Brief:
In the records below, find the line containing "moves is cut"; restate it and every later line word for word, through the last.

[[ Dataset excerpts, beginning ]]

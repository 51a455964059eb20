//! The theorems over the definitions of the explorer and of stops. Nothing here runs: each
//! function's contract is a theorem.
ghost use Rattle.std.specs.Prelude.{◌≡◌, ◌≤◌, ◌+◌, ◌*◌, ℕ, suc, true, false, List, length};
ghost use Rattle.amo_params.specs.Givens.{lone_bound};
ghost use Rattle.amo_kk.specs.Alone.{IsFirstToClaimOrEnd};
ghost use Rattle.amo_kk.specs.Lawful.{IsLawful};
ghost use Rattle.amo_kk.specs.World.{process, world_of};
ghost use Rattle.amo_params.specs.declared.moves.Move.{Move};
ghost use Rattle.amo_params.specs.declared.givens.Givens.{Givens};
ghost use Rattle.amo_kk.specs.declared.model.World.{World};
ghost use Rattle.amo_world.specs.Answer.{verdict};
ghost use Rattle.amo_world.specs.declared.answer.Verdict.TheVariants.{Lawful};
ghost use Rattle.amo_plan.specs.Plan.{PlanSeen};
ghost use Rattle.amo_report.specs.declared.stops.TheConstants.{MOST_STOPS};
ghost use Rattle.amo_report.specs.Stops.{lone_turns, stopped, stopped_verdict};

use amo_kk::laws::{first_bad_is_the_first, history_is_a_run};

/// States that after any moves from the opening world, the judge finds the history lawful.
pub fn histories_are_lawful()
    ensures { (g : Givens) (moves : List Move) → verdict g (world_of g moves).history ≡ Lawful }
{
    history_is_a_run();
    first_bad_is_the_first();
}

/// States that the counted turns of a worker that goes on alone, and isn't gone, are those up to
/// the first that claims a job or ends it.
pub fn lone_turns_are_counted()
    ensures { (g : Givens) (w : World) (p : ℕ) → IsLawful g w → (process w p).gone ≡ false
        → (i : ℕ) × IsFirstToClaimOrEnd g w p i × (lone_turns g p (lone_bound g) w ≡ suc i) }
{}

/// States that all workers are gone in the end, if a schedule of at most `MOST_STOPS` moves is cut
/// off anywhere. No worker takes more than `6 * workers + jobs` turns in one go. The judge finds
/// the history lawful.
pub fn stops_run_out()
    ensures most { (plan : PlanSeen) (p count : ℕ) → length plan.moves ≤ MOST_STOPS → (stopped plan p count).most ≤ 6 * plan.givens.workers + plan.givens.jobs }
    ensures gone { (plan : PlanSeen) (p count q : ℕ) → length plan.moves ≤ MOST_STOPS → (process (stopped plan p count).world q).gone ≡ true }
    ensures lawful { (plan : PlanSeen) (p count : ℕ) → length plan.moves ≤ MOST_STOPS → stopped_verdict plan p count ≡ Lawful }
{}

[[ Dataset excerpts, end ]]

Result of the task:
/// States that all workers are gone in the end, if a schedule of at most `MOST_STOPS` moves is cut
/// off anywhere. No worker takes more than `6 * workers + jobs` turns in one go. The judge finds
/// the history lawful.
pub fn stops_run_out()
    ensures most { (plan : PlanSeen) (p count : ℕ) → length plan.moves ≤ MOST_STOPS → (stopped plan p count).most ≤ 6 * plan.givens.workers + plan.givens.jobs }
    ensures gone { (plan : PlanSeen) (p count q : ℕ) → length plan.moves ≤ MOST_STOPS → (process (stopped plan p count).world q).gone ≡ true }
    ensures lawful { (plan : PlanSeen) (p count : ℕ) → length plan.moves ≤ MOST_STOPS → stopped_verdict plan p count ≡ Lawful }
{}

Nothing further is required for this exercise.